The external potential is defined as a “soft‑impact” spring: for x < x_wall the force is a linear restoring term (−k x), while for x ≥ x_wall an additional stiffness A produces a second quadratic branch (−k x − k A(x − x_wall)). This creates a non‑smooth (piecewise‑continuous) force that mimics a soft barrier rather than a perfectly rigid wall.

Linear stability analysis of the sole equilibrium (x_d=0, X=0, Y=0, Z=M R) gives a characteristic polynomial whose Routh‑Hurwitz conditions lead to an explicit Hopf‑bifurcation curve:
 R = 1/M² + k M + 1 (Eq. 10).
Below this curve the fixed point is asymptotically stable; crossing it generates a limit cycle via a supercritical Hopf bifurcation.

The authors then explore the full (R, M) parameter plane numerically, computing the maximal Lyapunov exponent (MLE) for each point. Three dynamical regimes emerge: (i) negative MLE – convergence to the fixed point, (ii) zero MLE – periodic or quasiperiodic motion (limit cycles), and (iii) positive MLE – chaotic attractors. The numerical stability boundary matches the analytical Hopf line.

A central focus is the role of the non‑smoothness parameters: the wall location x_wall (kept fixed at 1) and the stiffness ratio A. Three representative values are examined:

• A = 0 (smooth harmonic well) – the system behaves like a conventional walker in a harmonic trap; large‑memory, large‑amplitude regions are dominated by chaos, consistent with earlier experimental observations of chaotic walking droplets.

• A = 5 (moderate soft impact) – the introduction of a soft barrier creates extensive “gray” islands of periodic motion inside the region that was chaotic for A = 0. The soft impact dissipates part of the velocity at each encounter, suppressing the strong wave‑memory feedback that would otherwise drive chaos.

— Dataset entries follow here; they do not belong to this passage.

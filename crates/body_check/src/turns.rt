//! What a line is to a walk.

ghost use Rattle.std.specs.Prelude.{IfOk};
ghost use Rattle.body_check.specs.Turning.{IsTurn, IsTurnBy};

use crate::walk::Walk;
use kube_meta::Memory;
use std::alloc::Global;
use watch_lines::{PeerLine, tell_line};
use watch_rules::WatchAsk;

/// What a line is to a walk.
#[derive(Clone, Copy, Debug, PartialEq, Eq)]
pub enum Turn {
    /// It goes on.
    On,
    /// It is the loss that ends a body.
    End,
    /// No log tells it here.
    Bad,
}

/// Takes a line, if some log tells it behind those before it.
pub(crate) fn hear(
    alloc: Global,
    ask: &WatchAsk,
    walk: &mut Walk,
    text: &[u8],
) -> Result<Turn, Memory>
    ensures { IfOk result (IsTurn ask.now text.now walk.old walk.new) }
{
    match tell_line(alloc, ask.selection.resource, text)? {
        Some(line) => take_line(alloc, ask, walk, line),
        None => Ok(Turn::Bad),
    }
}

// Takes what a line tells.
fn take_line(alloc: Global, ask: &WatchAsk, walk: &mut Walk, line: PeerLine) -> Result<Turn, Memory>
    ensures { IfOk result (IsTurnBy ask.now line walk.old walk.new) }
{
    match line {
        PeerLine::Told { kind, obj, rev } => {
            if !walk.takes(&ask.selection, kind, &obj, rev) {
                return Ok(Turn::Bad);
            }
            walk.take(alloc, kind, obj, rev)?;
            Ok(Turn::On)
        }
        PeerLine::Bookmark { at, closing } => {
            if closing || !ask.bookmarks || at < walk.to {
                return Ok(Turn::Bad);
            }
            walk.mark(at);
            Ok(Turn::On)
        }
        PeerLine::Error { code } => {
            if code == 410 {
                Ok(Turn::End)
            } else {
                Ok(Turn::Bad)
            }
        }
    }
}
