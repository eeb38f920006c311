//! Which rows may be a list.

ghost use Rattle.std.specs.Prelude.{◌↔◌, ◌≤◌, All, IsTrue};
ghost use Rattle.kube_meta.specs.Rows.{AreRising};
ghost use Rattle.select_all.specs.Selecting.{selects};
ghost use Rattle.body_check.specs.Turns.{MayStand};

use kube_meta::Row;
use select_all::Selection;

/// Whether rows may be a list of the selection at a revision: their keys rise, each is selected, and none is younger.
pub fn may_stand(selection: &Selection, rows: &[Row], at: u64) -> bool
    ensures { IsTrue result ↔ MayStand selection.now at rows.now }
{
    if !are_rising(rows) {
        return false;
    }
    are_selected(selection, rows) && are_within(rows, at)
}

// Whether the keys of rows rise.
fn are_rising(rows: &[Row]) -> bool
    ensures { IsTrue result ↔ AreRising rows.now }
{
    rows.is_sorted_by(|a, b| a.obj.key < b.obj.key)
}

// Whether all rows are selected.
fn are_selected(selection: &Selection, rows: &[Row]) -> bool
    ensures { IsTrue result ↔ All (λ row. IsTrue (selects selection.now row.obj)) rows.now }
{
    rows.iter().all(|row| selection.selects(&row.obj))
}

// Whether no row is younger than a revision.
fn are_within(rows: &[Row], at: u64) -> bool
    ensures { IsTrue result ↔ All (λ row. row.rev ≤ at) rows.now }
{
    rows.iter().all(|row| row.rev <= at)
}
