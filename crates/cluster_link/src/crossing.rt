//! That a mirror may go to another thread wherever its name may. Nothing calls this: it is here to be proved.

use crate::{ClusterList, ClusterMirror};
use std::sync::Wait;
use up_api::LogFacts;

fn crosses<T: Send>() {}

pub(crate) fn mirrors_cross<N: LogFacts + Send, R: Wait + Copy + Send + Sync>() {
    crosses::<ClusterMirror<N, R>>();
    crosses::<ClusterList>();
}
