//! Why a cluster isn't heard.

ghost use Rattle.std.specs.Prelude.{◌≡◌};
ghost use Rattle.cluster_link.specs.Refusals as refusals;

/// Why there is no list, or no further line: what is wrong first in the connection's bytes, or in the calls.
#[derive(Clone, Copy, Debug, PartialEq, Eq)]
pub enum ClusterNo {
    /// The sink failed.
    WriteFault,
    /// The source failed.
    ReadFault,
    /// The input ended before a reply or the stream, or the stream within a line.
    CutShort,
    /// There was no memory.
    Memory,
    /// No reply of HTTP, or one whose body is neither counted nor chunked; a stream that isn't chunked.
    BadReply,
    /// The cluster's refusal, by the code of its reply.
    Refused { code: u16 },
    /// The cluster's refusal, by the code of an ERROR in its stream.
    Told { code: u16 },
    /// A line or a page that is none, or what may not come here; a list that isn't one.
    BadLine,
    /// A line, a page or a list that is too long.
    TooLong,
    /// An event that isn't above `last`, the last revision that was told.
    Order { last: u64, got: u64 },
    /// A list at `at`, below `to`, where the mirror's log ends.
    Behind { to: u64, at: u64 },
    /// A list has another object at an old revision than the one that stands.
    OtherValue,
    /// A list isn't of the log that the mirror has followed.
    OtherLog,
    /// The pages of a list are of more than one revision.
    MixedPages,
    /// The mirror's log ends at `to`, and its store at `at`: another door heard a revision.
    Passed { to: u64, at: u64 },
}

impl ClusterNo {
    /// The bare name, as it is printed.
    pub fn name(self) -> &'static str
        ensures { result.now ≡ refusals.cluster_refusal_name self }
    {
        match self {
            ClusterNo::WriteFault => "WriteFault",
            ClusterNo::ReadFault => "ReadFault",
            ClusterNo::CutShort => "CutShort",
            ClusterNo::Memory => "Memory",
            ClusterNo::BadReply => "BadReply",
            ClusterNo::Refused { .. } => "Refused",
            ClusterNo::Told { .. } => "Told",
            ClusterNo::BadLine => "BadLine",
            ClusterNo::TooLong => "TooLong",
            ClusterNo::Order { .. } => "Order",
            ClusterNo::Behind { .. } => "Behind",
            ClusterNo::OtherValue => "OtherValue",
            ClusterNo::OtherLog => "OtherLog",
            ClusterNo::MixedPages => "MixedPages",
            ClusterNo::Passed { .. } => "Passed",
        }
    }
}
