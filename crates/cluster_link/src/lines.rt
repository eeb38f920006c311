//! Lines of a cluster's watch, as a mirror's log hears them.

ghost use Rattle.std.specs.Prelude.{◌≡◌, ◌≤◌, ◌^◌, IfSome, Some};
ghost use Rattle.up_api.specs.Sections.{Learns};
ghost use Rattle.watch_lines.specs.declared.peer_line.PeerLine.TheVariants as peer;
ghost use Rattle.cluster_link.specs.Telling.{HearsTold, HearsTextOf, IsInBounds};

use crate::refusals::log_refusal;
use crate::{ClusterNo, Heard};
use kube_meta::Obj;
use mirror_log::MirrorLog;
use select_all::Kind;
use std::alloc::Global;
use std::sync::Wait;
use up_api::LogFacts;
use watch_lines::{PeerLine, tell_line, what_is_told_is_kept};

// Hears an event, which is alone in its revision, and answers the end of the log.
fn hear_event<N: LogFacts, R: Wait + Copy>(
    log: &mut MirrorLog<N, R>,
    kind: Kind,
    obj: Obj,
    rev: u64,
) -> Result<u64, ClusterNo>
    requires { rev ≤ 2 ^ 62 }
    ensures learns { Learns log.old.told log.new.told }
    ensures hears { HearsTold log.old (Some (peer.Told kind obj rev)) result log.new }
{
    match log.hear_alone(kind, obj, rev) {
        Ok(to) => Ok(to),
        Err(why) => Err(log_refusal(log.to(), why)),
    }
}

// Hears a bookmark.
fn hear_mark<N: LogFacts, R: Wait + Copy>(
    log: &mut MirrorLog<N, R>,
    at: u64,
    closing: bool,
) -> Result<u64, ClusterNo>
    requires { at ≤ 2 ^ 62 }
    ensures learns { Learns log.old.told log.new.told }
    ensures hears { HearsTold log.old (Some (peer.Bookmark at closing)) result log.new }
{
    match log.hear_mark(at, closing) {
        Ok(to) => Ok(to),
        Err(why) => Err(log_refusal(log.to(), why)),
    }
}

// Hears what a line's text tells.
fn hear_told<N: LogFacts, R: Wait + Copy>(
    log: &mut MirrorLog<N, R>,
    found: Option<PeerLine>,
) -> Result<u64, ClusterNo>
    requires { IfSome found IsInBounds }
    ensures learns { Learns log.old.told log.new.told }
    ensures hears { HearsTold log.old found result log.new }
{
    match found {
        None => Err(ClusterNo::BadLine),
        Some(PeerLine::Told { kind, obj, rev }) => hear_event(log, kind, obj, rev),
        Some(PeerLine::Bookmark { at, closing }) => hear_mark(log, at, closing),
        Some(PeerLine::Error { code }) => Err(ClusterNo::Told { code }),
    }
}

/// Hears a line by its text.
pub(crate) fn hear_text<N: LogFacts, R: Wait + Copy>(
    alloc: Global,
    log: &mut MirrorLog<N, R>,
    text: &[u8],
) -> Result<Heard, ClusterNo>
    ensures learns { Learns log.old.told log.new.told }
    ensures hears { HearsTextOf log.old text.now result log.new }
{
    what_is_told_is_kept();
    let found = match tell_line(alloc, log.selection().resource, text) {
        Ok(found) => found,
        Err(_) => return Err(ClusterNo::Memory),
    };
    match hear_told(log, found) {
        Ok(to) => Ok(Heard::Line { to }),
        Err(why) => Err(why),
    }
}
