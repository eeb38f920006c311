//! The uid by which a cluster is told from others.

ghost use Rattle.std.specs.Prelude.{◌≡◌, ℕ, List, Some, None, option_map, MatchOption, MatchResult};
ghost use Rattle.serde_json.specs.View.{view};
ghost use Rattle.edge_io.specs.Sent.{sent_through};
ghost use Rattle.edge_io.specs.Told.{prepended};
ghost use Rattle.line_stream.specs.ClusterRequests.{namespace_request};
ghost use Rattle.cluster_link.specs.Counting.{CountsSource, IsRequested};
ghost use Rattle.cluster_link.specs.Uids.{AnswersUid, ReadsUid, TellsUid, uid_in};
ghost use Rattle.cluster_link.specs.Uids as uids;

use crate::ClusterNo;
use crate::readers::new_reader;
use crate::refusals::{reply_refusal, request_refusal};
use edge_io::{Sink, Source};
use kube_meta::Text;
use line_stream::{LineNo, ask_namespace};
use serde_json::Value;
use std::alloc::Global;

/// The most bytes of the reply.
const MOST_NAMESPACE: u64 = 16_777_216;

// Whether a code says that the namespace may not be read.
fn is_hidden(code: u16) -> bool
    ensures { result ≡ uids.is_hidden code }
{
    code == 401 || code == 403 || code == 404
}

// The uid in a value's metadata.
fn uid_of<'v>(value: &'v Value) -> Option<&'v str>
    ensures { option_map (λ uid. uid.now) result ≡ uid_in (view value.now) }
{
    match value.get("metadata") {
        Some(metadata) => metadata.get("uid").and_then(Value::as_str),
        None => None,
    }
}

// The uid that a value has.
fn kept_uid(alloc: Global, value: &Value) -> Result<Option<Text>, ClusterNo>
    ensures { MatchResult result
        (λ found. MatchOption found (uid_in (view value.now) ≡ None) (λ uid. uid_in (view value.now) ≡ Some uid))
        (λ why. why ≡ ClusterNo.Memory) }
{
    let Some(uid) = uid_of(value) else {
        return Ok(None);
    };
    match Text::new(alloc, uid) {
        Ok(uid) => Ok(Some(uid)),
        Err(_) => Err(ClusterNo::Memory),
    }
}

// The uid that a reply's text tells.
fn tell_uid(alloc: Global, text: &[u8]) -> Result<Option<Text>, ClusterNo>
    ensures { TellsUid text.now result }
{
    let value = match Value::from_slice(alloc, text) {
        Ok(value) => value,
        Err(error) if error.is_memory() => return Err(ClusterNo::Memory),
        Err(_) => return Err(ClusterNo::BadReply),
    };
    match kept_uid(alloc, &value) {
        Ok(Some(uid)) => Ok(Some(uid)),
        Ok(None) => Err(ClusterNo::BadReply),
        Err(why) => Err(why),
    }
}

// What is answered where there is no whole reply.
fn answer_without(fault: LineNo) -> Result<Option<Text>, ClusterNo>
    ensures { result ≡ uids.answer_without fault }
{
    match fault {
        LineNo::Refused { code } if is_hidden(code) => Ok(None),
        fault => Err(reply_refusal(fault)),
    }
}

// Reads the reply.
fn read_reply<S: Source>(alloc: Global, source: &mut S) -> Result<Option<Text>, ClusterNo>
    ensures reads { (taken : List ℕ) × (S.left source.old ≡ prepended taken (S.left source.new)) × ReadsUid taken (S.left source.new) result }
    ensures counted { CountsSource result (S.faults source.old) (S.faults source.new) }
{
    let mut reader = new_reader(alloc);
    let text = match reader.read_body(source, MOST_NAMESPACE) {
        Ok(text) => text,
        Err(fault) => return answer_without(fault),
    };
    tell_uid(alloc, text.as_slice())
}

/// Asks a cluster, over a new connection, for the uid of its namespace `kube-system`, and reads it. There is none
/// where the namespace may not be read: the reply's code is 401, 403 or 404.
pub fn read_uid<S: Source, K: Sink>(
    alloc: Global,
    source: &mut S,
    sink: &mut K,
) -> Result<Option<Text>, ClusterNo>
    ensures asks { IsRequested result namespace_request (sent_through K.written K.settled K.faults sink.old sink.new) }
    ensures reads { (taken : List ℕ) × (S.left source.old ≡ prepended taken (S.left source.new)) × AnswersUid taken (S.left source.new) result }
    ensures counted { CountsSource result (S.faults source.old) (S.faults source.new) }
{
    match ask_namespace(sink) {
        Ok(()) => read_reply(alloc, source),
        Err(fault) => Err(request_refusal(fault)),
    }
}
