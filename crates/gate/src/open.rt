// Opening.
ghost use Rattle.desk.specs.Desk.{desk};
ghost use Rattle.gate.specs.Opening.{Opens};

use desk::state::State;
use region::{IMAGE_LIMIT, LOG_LIMIT, Refusal};

// Judges the image and starts an empty log. The state that is handed in is not looked at: after a
// power loss it holds anything.
#[tactic(auto, using(crate::proofs::OpeningLaws::opens_stopped))]
pub fn open(state: &mut State, image: &[u8], log: &[u8], sheet: &[u8]) -> Result<(), Refusal>
    ensures { Opens (desk image.now state.old log.now) sheet.now
        result (desk image.now state.new log.now) }
{
    if IMAGE_LIMIT < image.len() || log.len() != LOG_LIMIT {
        return Err(Refusal::BadState);
    }
    sheet::judge(sheet, image)?;
    *state = State::fresh();
    Ok(())
}
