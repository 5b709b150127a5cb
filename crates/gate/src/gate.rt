// The gate.
ghost use Rattle.pieces.specs.Handed.{handed};
ghost use Rattle.desk.specs.Desk.{desk};
ghost use Rattle.gate.specs.Judgement.{Gates};

use crate::Verdict;
use crate::judge::decide;
use desk::state::State;
use pieces::Write;
use region::Refusal;

// Judges a write, and records it if it is admitted.
pub fn gate(
    state: &mut State,
    image: &[u8],
    log: &mut [u8],
    sheet: &[u8],
    work: &mut [u8],
    write: Write,
) -> Result<Verdict, Refusal>
    ensures { Gates (desk image.now state.old log.old) sheet.now
        work.old (handed write.entry) result
        (desk image.now state.new log.new) work.new }
{
    let used = state.checked(image.len(), log.len())?;
    let verdict = decide(state, used, image, log, sheet, work, write)?;
    if let Verdict::Admitted(_) = verdict {
        state.push(log, used, write);
    }
    Ok(verdict)
}
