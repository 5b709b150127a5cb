// The session: what any run of the calls keeps, proved from the promises that the calls are proved to keep. There is no code here, and nothing is
// assumed. The theorem is stated in specs/Theorem.antt, for a session by tape in specs/TapeTheorem.antt.

#![tactic(auto)]
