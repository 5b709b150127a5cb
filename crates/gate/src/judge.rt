// The judging call, and the judging that it shares with the gate.
ghost use Rattle.std.specs.Prelude.{◌≡◌, length};
ghost use Rattle.sheet.specs.Sheet.{well_formed};
ghost use Rattle.pieces.specs.Handed.{handed};
ghost use Rattle.desk.specs.Desk.{desk};
ghost use Rattle.gate.specs.Judgement.{Fitting, Checked, Weighs, Judges};

use crate::Verdict;
use desk::state::State;
use engine::count::log_points;
use engine::search::search;
use pieces::Write;
use pieces::points::touched;
use records::Record;
use region::{POINTS_LIMIT, Refusal};

// Is the sheet well-formed? That is so for any image or none.
fn formed(sheet: &[u8], image: &[u8]) -> bool
    ensures { result ≡ well_formed sheet.now }
{
    sheet::judge(sheet, image) != Err(Refusal::BadSheet)
}

// The judging of a write that fits, from 7 on: the engine is asked if the points are few enough.
fn weigh(
    state: &State,
    image: &[u8],
    log: &[u8],
    sheet: &[u8],
    work: &mut [u8],
    write: Write,
) -> Result<Verdict, Refusal>
    requires { Fitting (desk image.now state.now log.now) (length work.old) (handed write) }
    ensures { Weighs (desk image.now state.now log.now) sheet.now
        work.old (handed write.entry) result work.new }
{
    let n = log_points(state) + touched(write.addr, write.bytes.len());
    if POINTS_LIMIT < n {
        return Err(Refusal::TooManyPoints);
    }
    match search(state, image, log, sheet, work, write, n) {
        None => Ok(Verdict::Admitted(n)),
        Some(m) => Ok(Verdict::Denied(m)),
    }
}

// The judging of a sound state with `used` outstanding bytes.
pub(crate) fn decide(
    state: &State,
    used: usize,
    image: &[u8],
    log: &[u8],
    sheet: &[u8],
    work: &mut [u8],
    write: Write,
) -> Result<Verdict, Refusal>
    requires { Checked (desk image.now state.now log.now) used }
    ensures { Judges (desk image.now state.now log.now) sheet.now
        work.old (handed write.entry) result work.new }
{
    if work.len() != image.len() {
        return Err(Refusal::BadState);
    }
    if !formed(sheet, image) {
        return Err(Refusal::BadSheet);
    }
    let r = Record {
        addr: write.addr,
        len: write.bytes.len(),
    };
    state.room(image.len(), used, r)?;
    weigh(state, image, log, sheet, work, write)
}

// What the gate would answer, and the working image that it would leave. Records nothing. Sheet and
// working image stay apart as state, image and log do (`desk`).
pub fn judge(
    state: &State,
    image: &[u8],
    log: &[u8],
    sheet: &[u8],
    work: &mut [u8],
    write: Write,
) -> Result<Verdict, Refusal>
    ensures { Judges (desk image.now state.now log.now) sheet.now
        work.old (handed write.entry) result work.new }
{
    let used = state.checked(image.len(), log.len())?;
    decide(state, used, image, log, sheet, work, write)
}
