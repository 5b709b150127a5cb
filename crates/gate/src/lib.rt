// Opening, the judging call and the gate, each total on any bytes and proved to answer and leave
// behind exactly what specs/ says (document 01). `proofs/Meaning.antt` says what the gate's answer
// means. Nothing is assumed.

#![tactic(auto)]

// What the judging call and the gate say of a write: n of one that they admit, the least bad m of one
// that they deny. `specs/Judgement.antt` gives each its number.
#[derive(Clone, Copy)]
pub enum Verdict {
    Admitted(usize),
    Denied(usize),
}

pub mod gate;
pub mod judge;
pub mod open;
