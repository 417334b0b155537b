// Refusals 10, 11 and 12: whether values and a rule table are accepted.
ghost use Rattle.std.specs.Prelude.{◌≡◌};
ghost use Rattle.basics.specs.Refusals.{tested_of, Numbered};
ghost use Rattle.basics.specs.Replies.{refusal};
ghost use Rattle.logic_programs.specs.Words.{bad_rule};
ghost use Rattle.rule_tables.specs.Acceptance.{too_many_values, tested};

use crate::table;
use basics::{Reason, Refusal};
use literal_sets::values;

// Refusal 10: over 1,024 values.
fn check_count(values: &[u8]) -> Result<(), Refusal>
    ensures answers { tested_of result ≡ refusal 10 (too_many_values values.now) }
    ensures numbered { Numbered result }
{
    let place = values.len();
    if 1024 < place {
        return Err(Refusal {
            reason: Reason::WrongCount,
            place,
        });
    }
    Ok(())
}

// Refusal 12: the word where the first rule starts that does not fit.
fn check_rules(table: &[u16], atoms: usize) -> Result<(), Refusal>
    ensures answers { tested_of result ≡ refusal 12 (bad_rule atoms table.now) }
    ensures numbered { Numbered result }
{
    match table::bad_rule(table, atoms) {
        Some(place) => Err(Refusal {
            reason: Reason::BadRule,
            place,
        }),
        None => Ok(()),
    }
}

// The first of the three whose condition is met.
#[tactic(auto, unfolding(crate::specs::Acceptance::tested))]
pub fn test(values: &[u8], table: &[u16]) -> Result<(), Refusal>
    ensures answers { tested_of result ≡ tested values.now table.now }
    ensures numbered { Numbered result }
{
    check_count(values)?;
    values::check_values(values)?;
    check_rules(table, values.len())
}
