// The library for C and Rust (include/huntyghai.h): functions on numbers and slices of numbers. An answer is one number, its
// code and 256 times its value.
#![tactic(auto)]

ghost use Rattle.std.specs.Prelude.{◌≡◌, [], ◌∷◌, ◌≤◌, length};
ghost use Rattle.std.proofs.lemmas.List.Edits.{sets};
ghost use Rattle.answer_set_theory.specs.Answers.{answer};
ghost use Rattle.completion_theory.specs.Answers as completed;
ghost use Rattle.translation.specs.Answers.{outcome_of};
ghost use Rattle.history_check.specs.Checks;
ghost use Rattle.causal_reading.specs.Readings;
ghost use Rattle.history_reader.specs.Histories.{read_history, history_replied, values_left};
ghost use Rattle.report_theory.specs.Output.{output};
ghost use Rattle.report_theory.specs.Program.{Program};
ghost use Rattle.answer_codes.specs.Codes.{reply_code, verdict_code, finding_code, causal_code, written_code, read_code};
ghost use Rattle.answer_codes.specs.FormulaCodes.{formula_code};
ghost use Rattle.huntyghai_theory.specs.Texts.{translated_text, table_of_text, checked_text, table_of_check, reading_of_input};
ghost use Rattle.huntyghai_theory.specs.SetCodes.{SetNumbered};
ghost use Rattle.huntyghai_theory.specs.FormulaNumbers.{CompletionNumbered, LevelsNumbered};
ghost use Rattle.huntyghai_theory.specs.TextReadings.{TextTranslates, TextChecks, TextSaysValues, InputReads, InputFault};
ghost use Rattle.huntyghai_theory.specs.CodeLists.{CodeAmong};

use basics::Refusal;
use causal_reading::Reading;
use history_check::Finding;
use translation::Written;

// What the program check prints for an input, as far as the buffer goes; the result is the whole output's length, at most 400.
#[unsafe(no_mangle)]
pub extern "C" fn huntyghai_report(input: &[u8], out: &mut [u8]) -> usize
    ensures writes { (result ≡ length (output input.now))
        × (out.new ≡ sets out.old 0 (output input.now)) }
    ensures bounded { result ≤ 400 }
    ensures printed { Program input.now (output input.now) }
{
    report::report(input, out)
}

// The engine's answer to values and a table.
#[unsafe(no_mangle)]
pub extern "C" fn huntyghai_check_set(values: &[u8], table: &[u16]) -> u64
    ensures answers { result ≡ reply_code verdict_code (answer values.now table.now) }
    ensures demand_2 { SetNumbered values.now table.now result }
    ensures possible_codes { CodeAmong (10 ∷ 11 ∷ 12 ∷ 64 ∷ 65 ∷ 66 ∷ 67 ∷ []) result }
{
    answer_codes::of(answer_sets::check_set(values, table))
}

// The answer by the completion formulas to values and a table.
#[unsafe(no_mangle)]
pub extern "C" fn huntyghai_check_completion(values: &[u8], table: &[u16]) -> u64
    ensures answers { result ≡ reply_code formula_code (completed.answer values.now table.now) }
    ensures by_formulas { CompletionNumbered values.now table.now result }
    ensures possible_codes { CodeAmong (10 ∷ 11 ∷ 12 ∷ 65 ∷ 68 ∷ 72 ∷ 73 ∷ []) result }
{
    answer_codes::of(completion::check_completion(values, table))
}

// The same with a level for each literal code.
#[unsafe(no_mangle)]
pub extern "C" fn huntyghai_check_by_levels(values: &[u8], table: &[u16], levels: &[u16]) -> u64
    ensures answers { result ≡ reply_code formula_code
        (completed.answer_by_levels values.now table.now levels.now) }
    ensures by_levels { LevelsNumbered values.now table.now levels.now result }
    ensures possible_codes { CodeAmong (10 ∷ 11 ∷ 12 ∷ 13 ∷ 65 ∷ 68 ∷ 72 ∷ 73 ∷ []) result }
{
    answer_codes::of(completion::check_by_levels(values, table, levels))
}

// Reads the description at the text's start and writes its translation.
fn translate(text: &[u8], table: &mut [u16]) -> Result<Written, Refusal>
    ensures answers { reply_code written_code (outcome_of result) ≡ translated_text text.now (length table.old) }
    ensures leaves { table.new ≡ table_of_text text.now table.old }
{
    let mut laws = law_runs::no_laws();
    let read = lent_laws::read_description(text, &mut laws)?;
    translation::translate(read.description, &laws, table)
}

// Translates the description at the text's start.
#[unsafe(no_mangle)]
pub extern "C" fn huntyghai_translate(text: &[u8], table: &mut [u16]) -> u64
    ensures answers { result ≡ translated_text text.now (length table.old) }
    ensures leaves { table.new ≡ table_of_text text.now table.old }
    ensures possible_codes { CodeAmong (1 ∷ 2 ∷ 3 ∷ 4 ∷ 5 ∷ 6 ∷ 9 ∷ 96 ∷ []) result }
    ensures demand_3 { TextTranslates text.now table.old table.new }
{
    answer_codes::of(translate(text, table))
}

// Reads a history's text by the names of the description's.
#[unsafe(no_mangle)]
pub extern "C" fn huntyghai_read_history(description: &[u8], text: &[u8], values: &mut [u8]) -> u64
    ensures answers { result ≡ reply_code read_code
        (history_replied (read_history description.now text.now (length values.old))) }
    ensures leaves { values.new
        ≡ values_left (read_history description.now text.now (length values.old))
        values.old }
    ensures possible_codes { CodeAmong (1 ∷ 2 ∷ 3 ∷ 4 ∷ 5 ∷ 6 ∷ 7 ∷ 10 ∷ 112 ∷ []) result }
{
    answer_codes::of(history_reader::read_history(description, text, values))
}

// Reads the description at the text's start and checks values against it.
fn check_history(text: &[u8], values: &[u8], table: &mut [u16]) -> Result<Finding, Refusal>
    ensures answers { reply_code finding_code (Checks.reply_of result)
        ≡ checked_text text.now values.now (length table.old) }
    ensures leaves { table.new ≡ table_of_check text.now values.now table.old }
{
    let mut laws = law_runs::no_laws();
    let read = lent_laws::read_description(text, &mut laws)?;
    history_check::check_history(read.description, &laws, values, table)
}

// Checks values against the description at the text's start.
#[unsafe(no_mangle)]
pub extern "C" fn huntyghai_check_history(text: &[u8], values: &[u8], table: &mut [u16]) -> u64
    ensures answers { result ≡ checked_text text.now values.now (length table.old) }
    ensures leaves { table.new ≡ table_of_check text.now values.now table.old }
    ensures possible_codes { CodeAmong (1 ∷ 2 ∷ 3 ∷ 4 ∷ 5 ∷ 6 ∷ 9 ∷ 10 ∷ 11 ∷ 64 ∷ 65 ∷ 66 ∷ 67 ∷ 68 ∷ []) result }
    ensures demand_3 { TextChecks text.now values.now (length table.old) result }
    ensures by_values { TextSaysValues text.now values.now (length table.old) result }
{
    answer_codes::of(check_history(text, values, table))
}

// Reads a whole input, and its history causally.
fn read_causally(input: &[u8]) -> Result<Reading, Refusal>
    ensures { reply_code causal_code (Readings.reply_of result) ≡ reading_of_input input.now }
{
    let whole = inputs::read_input(input);
    whole.answer?;
    let values = &whole.values[..whole.atoms];
    causal_reading::causal_reading(whole.description, &whole.laws, values)
}

// Reads the history of a whole input causally.
#[unsafe(no_mangle)]
pub extern "C" fn huntyghai_causal_reading(input: &[u8]) -> u64
    ensures answers { result ≡ reading_of_input input.now }
    ensures possible_codes { CodeAmong (1 ∷ 2 ∷ 3 ∷ 4 ∷ 5 ∷ 6 ∷ 7 ∷ 11 ∷ 80 ∷ 81 ∷ 82 ∷ []) result }
    ensures demand_3 { InputReads input.now result }
    ensures fault { InputFault input.now result }
{
    answer_codes::of(read_causally(input))
}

• A = 100 (very stiff barrier) – the barrier behaves almost like a hard wall, but because the impact law remains soft (continuous force), grazing events (trajectory just touching the wall) become abundant. The authors identify grazing‑induced bifurcations, impact‑induced bifurcations, and, notably, “invisible attractor switching”: the system jumps between co‑existing attractors without any actual impact, solely due to the internal state (Y, Z) crossing a separatrix.

The paper also documents multistability: for certain (R, M, A) combinations, two or more attractors coexist. Small variations in initial conditions or in the wall‑crossing timing can trigger a switch, providing a deterministic analogue of quantum tunnelling or state‑selection phenomena observed in walking‑droplet experiments.

Overall, the active soft‑impact oscillator unifies three ingredients that are rarely combined in a single model: (1) an active particle extracting energy from a bath, (2) a long‑range memory mediated by self‑generated waves, and (3) a non‑smooth confining potential. The resulting dynamics display a rich tapestry of bifurcations—Hopf, grazing, border‑collision, and attractor‑switching—far richer than in classical impact oscillators where chaos typically appears abruptly at grazing. By mapping out the full parameter space and linking specific dynamical features to experimentally tunable quantities (memory Me, wave amplitude R, barrier stiffness A), the work offers a concrete theoretical platform for future experiments on walkers in engineered non‑smooth landscapes, and suggests new routes to emulate quantum‑like phenomena (quantized orbits, tunnelling, Friedel‑type oscillations) using purely classical hydrodynamic systems.